Information contained in forward-looking statements is based
upon certain material assumptions applied in drawing a conclusion
or making a forecast or projection, including management's
perception of historical trends, current conditions and expected
future developments, as well as other considerations believed to be
appropriate in the circumstances. There can be no assurance
regarding: (a) work-from-home initiatives on the REIT's business,
operations and performance, including the performance of its Units;
(b) the REIT's ability to mitigate any impacts related to
fluctuating interest rates, inflation and the shift to hybrid
working; (c) the factors, risks and uncertainties expressed above
in regards to the hybrid work environment on the commercial real
estate industry and property occupancy levels; (d) credit, market,
operational, and liquidity risks generally; (e) the availability of
investment opportunities for growth in Canada and the timing and
ability of the REIT to acquire or sell certain properties; (f)

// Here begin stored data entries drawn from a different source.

use crate::{Links, Signal};
use memory_refusal::NoMemory;
use std::alloc::Global;
use std::test::Fail;

/// Processes 2, 3 and 4, linked in a ring.
fn ring(alloc: Global) -> Result<Links, NoMemory> {
    let mut links = Links::new(alloc);
    links.add(2)?;
    links.add(3)?;
    links.add(4)?;
    links.link(2, 3, 23)?;
    links.link(3, 4, 34)?;
    links.link(4, 2, 42)?;
    Ok(links)
}

#[test]
fn a_ring_falls(rt: HostRuntime) -> Result<(), Fail> {
    let mut links = ring(rt.alloc())?;
    assert!(rt; !links.fallen(2));
    links.fall(2);
    for pid in [2, 3, 4] {
        assert!(rt; links.fallen(pid), "process {pid}");
    }
    assert_eq!(rt; links.next_signal(), None);
    links.remove(2);
    assert!(rt; links.fallen(2));
    Ok(())
}

#[test]
fn one_that_asks_for_signals_stays(rt: HostRuntime) -> Result<(), Fail> {
    let mut links = ring(rt.alloc())?;
    links.dies(4, false);
    links.fall(2);
    assert!(rt; links.fallen(3));
    assert!(rt; !links.fallen(4));
    assert_eq!(rt; links.next_signal(), Some(Signal { to: 4, tag: 42 }));
    assert_eq!(rt; links.next_signal(), Some(Signal { to: 4, tag: 34 }));
    assert_eq!(rt; links.next_signal(), None);
    Ok(())
}

#[test]
fn links_change(rt: HostRuntime) -> Result<(), Fail> {
    let mut links = Links::new(rt.alloc());
    links.add(2)?;
    links.add(4)?;
    links.link(2, 4, 42)?;
    links.link(4, 2, 7)?;
    links.dies(4, false);
    links.fall(2);
    assert_eq!(rt; links.next_signal(), Some(Signal { to: 4, tag: 7 }));
    assert_eq!(rt; links.next_signal(), None);
    links.dies(4, true);
    links.unlink(4, 2);
    links.fall(2);
    assert!(rt; !links.fallen(4));
    assert_eq!(rt; links.next_signal(), None);
    Ok(())
}
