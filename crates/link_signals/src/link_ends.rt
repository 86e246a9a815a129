ghost use Rattle.std.specs.Prelude.{◌≡◌};
ghost use Rattle.link_signals.specs.Links.{ends};

/// The two ends of a link, the lesser number first.
pub(crate) fn ends(a: u64, b: u64) -> (u64, u64)
    ensures { result ≡ ends a b }
{
    (a.min(b), a.max(b))
}
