/// What a process gets of a linked one that fell.
#[derive(Clone, Copy, Debug, PartialEq, Eq)]
pub struct Signal {
    /// The number of the process that gets the signal.
    pub to: u64,
    /// The tag of the link.
    pub tag: u64,
}
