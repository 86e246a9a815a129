//! Links between processes: who falls with a process, and which signals that brings.
//!
//! It is seen as the processes with whether each dies with links, the tag of each link, who fell in
//! the last fall, and the signals of it that are still to be given. Those who fall are the least
//! set that holds the first process and each process that is linked with a member and dies with
//! links.
#![tactic(auto)]

mod fall;
mod link_ends;
mod links;
mod pending;
mod signal;
#[cfg(test)]
mod tests;

pub use links::Links;
pub use signal::Signal;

repurchasing Units under the NCIB; (g) Starlight Group Property
Holdings Inc., or any of its affiliates, continuing as asset
manager of the REIT in accordance with its current asset management
agreement; (h) the benefits of the NCIB, or through other capital
programs; (i) the impact of the Unit Consolidation; (j) the
availability of debt financing for potential acquisitions or
refinancing loans at maturity on similar terms; (k) the ability of
the REIT to resume distributions in future periods; and (l) other
risks inherent to the REIT's business and/or factors beyond its
control which could have a material adverse effect on the REIT.

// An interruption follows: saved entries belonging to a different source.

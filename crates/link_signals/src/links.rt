ghost use Rattle.std.specs.Prelude.{◌≡◌, ◌≢◌, ◌↔◌, ◌++◌, not, true, [], OnOk, OnErr, IsTrue, IsNone, IsSome, Contains, if◌then◌else◌, is_some};
ghost use Rattle.std.specs.Option.{option_to_list};
ghost use Rattle.std.specs.FinMap as map;
ghost use Rattle.link_signals.specs.Links.{ends, is_end};
ghost use Rattle.link_signals.specs.Fall.{IsFall, signals_of};

use crate::Signal;
use crate::fall::spread;
use crate::link_ends::ends;
use crate::pending::{is_fallen, refill};
use memory_refusal::NoMemory;
use std::alloc::Global;
use std::collections::{BTreeMap, VecDeque};
use std::marker::Model;

/// The links between processes, and what the last fall left.
#[derive(Drop)]
pub struct Links {
    processes: BTreeMap<u64, bool>,
    tags: BTreeMap<(u64, u64), u64>,
    first: Option<u64>,
    others: Vec<u64>,
    next: usize,
    pending: VecDeque<Signal>,
}

impl Model for Links {
    ghost use Rattle.std.specs.Prelude.{◌≡◌, ◌≤◌, ◌++◌, vec_capacity};
    ghost use Rattle.std.specs.VecDeque.{deque_capacity};
    ghost use Rattle.std.specs.BTreeMap.{btree_map_len};
    ghost use Rattle.std.specs.FinMap as map;
    ghost use Rattle.link_signals.specs.Links.{Net, net_code};
    ghost use Rattle.link_signals.specs.Fall.{members_of, signals_left};

    ghost Value = { Net };

    ghost coded = { net_code };

    ghost view = { λ a. record {
      processes = map.from_entries a.processes.entries;
      tags = map.from_entries a.tags.entries;
      members = members_of a.first a.others.items;
      signals = a.pending.items ++ signals_left (map.from_entries a.processes.entries) (map.from_entries a.tags.entries) (members_of a.first a.others.items) a.next;
    } };

    ghost invariant = { λ a.
        (btree_map_len a.processes ≤ vec_capacity a.others)
        × (btree_map_len a.processes ≤ deque_capacity a.pending) };
}

impl Links {
    /// No processes, no links, and nobody fell. It takes no memory yet.
    pub fn new(alloc: Global) -> Links
        ensures processes { result.processes ≡ map.empty }
        ensures tags { result.tags ≡ map.empty }
        ensures members { result.members ≡ [] }
        ensures signals { result.signals ≡ [] }
    {
        Links {
            processes: BTreeMap::new(alloc),
            tags: BTreeMap::new(alloc),
            first: None,
            others: Vec::new(alloc),
            next: 0,
            pending: VecDeque::new(alloc),
        }
    }

    /// Adds a process, which dies with links; signals that are left are dropped. Refused for want
    /// of memory alone, and then the links are as they were.
    pub fn add(&mut self, pid: u64) -> Result<(), NoMemory>
        ensures processes { OnOk result (self.new.processes ≡ map.insert self.old.processes pid true) }
        ensures tags { self.new.tags ≡ self.old.tags }
        ensures members { self.new.members ≡ self.old.members }
        ensures signals { OnOk result (self.new.signals ≡ []) }
        ensures err { OnErr result (self.new ≡ self.old) }
    {
        let count = self.processes.len().saturating_add(1);
        self.others.reserve(count)?;
        self.pending.reserve(count)?;
        self.processes.insert(pid, true)?;
        self.drop_signals();
        Ok(())
    }

    /// Links two processes with this tag, in place of an earlier one; signals that are left are
    /// dropped. Refused for want of memory alone, and then the links are as they were.
    pub fn link(&mut self, a: u64, b: u64, tag: u64) -> Result<(), NoMemory>
        requires a_added { IsSome (map.get self.old.processes a) }
        requires b_added { IsSome (map.get self.old.processes b) }
        requires different { a ≢ b }
        ensures tags { OnOk result (self.new.tags ≡ map.insert self.old.tags (ends a b) tag) }
        ensures processes { self.new.processes ≡ self.old.processes }
        ensures members { self.new.members ≡ self.old.members }
        ensures signals { OnOk result (self.new.signals ≡ []) }
        ensures err { OnErr result (self.new ≡ self.old) }
    {
        let pair = ends(a, b);
        self.tags.insert(pair, tag)?;
        self.drop_signals();
        Ok(())
    }

    /// Takes away the link of two processes, if there is one; signals that are left are dropped.
    pub fn unlink(&mut self, a: u64, b: u64)
        ensures tags { self.new.tags ≡ map.remove self.old.tags (ends a b) }
        ensures processes { self.new.processes ≡ self.old.processes }
        ensures members { self.new.members ≡ self.old.members }
        ensures signals { self.new.signals ≡ [] }
    {
        self.tags.remove(&ends(a, b));
        self.drop_signals();
    }

    /// Says of a process that was added whether it dies with links; signals that are left are
    /// dropped.
    pub fn dies(&mut self, pid: u64, dies: bool)
        ensures processes { self.new.processes ≡ (if is_some (map.get self.old.processes pid) then map.insert self.old.processes pid dies else self.old.processes) }
        ensures tags { self.new.tags ≡ self.old.tags }
        ensures members { self.new.members ≡ self.old.members }
        ensures signals { self.new.signals ≡ [] }
    {
        if self.processes.contains_key(&pid) {
            match self.processes.insert(pid, dies) {
                Ok(_) => {}
                Err(_) => unreachable!(),
            }
        }
        self.drop_signals();
    }

    /// Takes out a process and its links; signals that are left are dropped. Whether it fell in
    /// the last fall is still known.
    pub fn remove(&mut self, pid: u64)
        ensures processes { self.new.processes ≡ map.remove self.old.processes pid }
        ensures tags { self.new.tags ≡ map.retain_keys self.old.tags (λ pair. not (is_end pid pair)) }
        ensures members { self.new.members ≡ self.old.members }
        ensures signals { self.new.signals ≡ [] }
    {
        self.processes.remove(&pid);
        self.tags
            .retain(|pair, _| !(pair.0 == pid || pair.1 == pid));
        self.drop_signals();
    }

    /// Lets the links of a process fall: finds out who falls with it, and which signals that
    /// brings. An earlier fall is forgotten.
    pub fn fall(&mut self, pid: u64)
        ensures members { IsFall self.old.processes self.old.tags pid self.new.members }
        ensures signals { self.new.signals ≡ signals_of self.old.processes self.old.tags self.new.members }
        ensures processes { self.new.processes ≡ self.old.processes }
        ensures tags { self.new.tags ≡ self.old.tags }
    {
        spread(&self.processes, &self.tags, pid, &mut self.others);
        self.first = Some(pid);
        self.next = 0;
        self.pending.clear();
    }

    /// Whether a process fell in the last fall; nobody did where there was none.
    pub fn fallen(&self, pid: u64) -> bool
        ensures { IsTrue result ↔ Contains self.now.members pid }
    {
        is_fallen(self.first, &self.others, pid)
    }

    /// Gives the next signal of the last fall: those of each member in turn, the first process
    /// first and then the others by rising number, and of each member by the rising number of the
    /// receiver. None is left where there was no fall, or where the processes or links were
    /// changed since.
    pub fn next_signal(&mut self) -> Option<Signal>
        ensures signal { self.old.signals ≡ option_to_list result ++ self.new.signals }
        ensures none { IsNone result ↔ (self.old.signals ≡ []) }
        ensures processes { self.new.processes ≡ self.old.processes }
        ensures tags { self.new.tags ≡ self.old.tags }
        ensures members { self.new.members ≡ self.old.members }
    {
        refill(
            &mut self.pending,
            &mut self.next,
            &self.processes,
            &self.tags,
            self.first,
            &self.others,
        );
        self.pending.pop_front()
    }

    /// Drops the signals that are left.
    fn drop_signals(&mut self)
        ensures processes { self.new.processes ≡ self.old.processes }
        ensures tags { self.new.tags ≡ self.old.tags }
        ensures members { self.new.members ≡ self.old.members }
        ensures signals { self.new.signals ≡ [] }
    {
        self.pending.clear();
        self.next = self.others.len().saturating_add(1);
    }
}
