// Where a transfer of blocks stopped: how many had moved, and the medium's fault at the next.
// In a file of its own, so that definitions may name it.
use model::refusal::Fault;

#[derive(Clone, Copy)]
pub struct Stopped {
    pub moved: u16,
    pub fault: Fault,
}
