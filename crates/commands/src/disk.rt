// READ(10) and WRITE(10) on a unit, once they passed their checks.
// A medium's fault, whichever it is, becomes the sense of its direction, with the address in the unit.
ghost use Rattle.std.specs.Prelude.{◌≡◌, ◌+◌, ◌*◌, ◌≤◌, length, if◌then◌else◌, is_ok, MatchResult};
ghost use Rattle.model.specs.Commands.{good_run, bytes_from, read_blocks, write_blocks};
ghost use Rattle.model.specs.declared.command.Status.TheVariants.{Passed, Failed};
ghost use Rattle.model.specs.declared.sense.Sense.TheVariants as sense;
ghost use Rattle.commands.specs.Endings.{ending_of, front};
ghost use Rattle.commands.specs.Transfers.{HasRoom, moved_of};

use crate::blocks::{read_blocks, write_blocks};
use crate::ended::Ended;
use crate::endings::without_data;
use crate::span::Span;
use crate::stops::Stopped;
use medium::Medium;
use model::command::Status;
use model::sense::Sense;
use scsi::capacity::BLOCK_SIZE;

// How a transfer ended: whole, or stopped at an address of the unit, which its sense tells. Nothing is answered.
fn finish<F: FnOnce(u32) -> Sense>(span: Span, transfer: Result<(), Stopped>, sense_at: F) -> Ended
    requires callable { F.IsAlwaysCallable sense_at }
    requires within { moved_of span.count transfer ≤ span.count }
    ensures status { result.status ≡ (if is_ok transfer then Passed else Failed) }
    ensures answered { result.answered ≡ 0 }
    ensures moved { result.moved ≡ 512 * moved_of span.count transfer }
    ensures sense { MatchResult transfer (λ _. result.sense ≡ sense.None) (λ s. F.post sense_at (span.address + s.moved) result.sense) }
{
    let (status, blocks, sense) = match transfer {
        Ok(()) => (Status::Passed, span.count, Sense::None),
        Err(stopped) => {
            let address = span.address + u32::from(stopped.moved);
            (Status::Failed, stopped.moved, sense_at(address))
        }
    };
    Ended {
        moved: BLOCK_SIZE * u32::from(blocks),
        ..without_data(status, sense)
    }
}

// The blocks that moved are answered.
pub(crate) fn read<M: Medium>(medium: &M, span: Span, buffer: &mut [u8]) -> Ended
    requires { HasRoom span buffer.old }
    ensures ending { ending_of result buffer.new (M.meaning medium.now) ≡ read_blocks span.address span.count (span.start + span.address) (good_run span.count (span.start + span.address) (M.meaning medium.now)) (M.meaning medium.now) }
    ensures bound { result.answered ≤ length buffer.new }
    ensures buffer { buffer.new ≡ front (bytes_from (good_run span.count (span.start + span.address) (M.meaning medium.now)) (span.start + span.address) (M.meaning medium.now)) buffer.old }
{
    let transfer = read_blocks(medium, span, buffer);
    let ended = finish(span, transfer, |address| Sense::ReadFault { address });
    Ended {
        answered: ended.moved as usize,
        ..ended
    }
}

// Nothing is answered. A function apart from `read`, as `write_block` is from `read_block`.
pub(crate) fn write<M: Medium>(medium: &mut M, span: Span, buffer: &[u8]) -> Ended
    requires { HasRoom span buffer.now }
    ensures bound { result.answered ≡ 0 }
    ensures ending { ending_of result buffer.now (M.meaning medium.new) ≡ write_blocks span.address span.count (span.start + span.address) (good_run span.count (span.start + span.address) (M.meaning medium.old)) buffer.now (M.meaning medium.old) }
{
    let transfer = write_blocks(medium, span, buffer);
    finish(span, transfer, |address| Sense::WriteFault { address })
}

The forward-looking statements made relate only to events or
information as of the date on which the statements are made. Except
as specifically required by applicable Canadian law, the REIT
undertakes no obligation to update or revise publicly any
forward-looking statements, whether as a result of new information,
future events or otherwise, after the date on which the statements
are made or to reflect the occurrence of unanticipated events.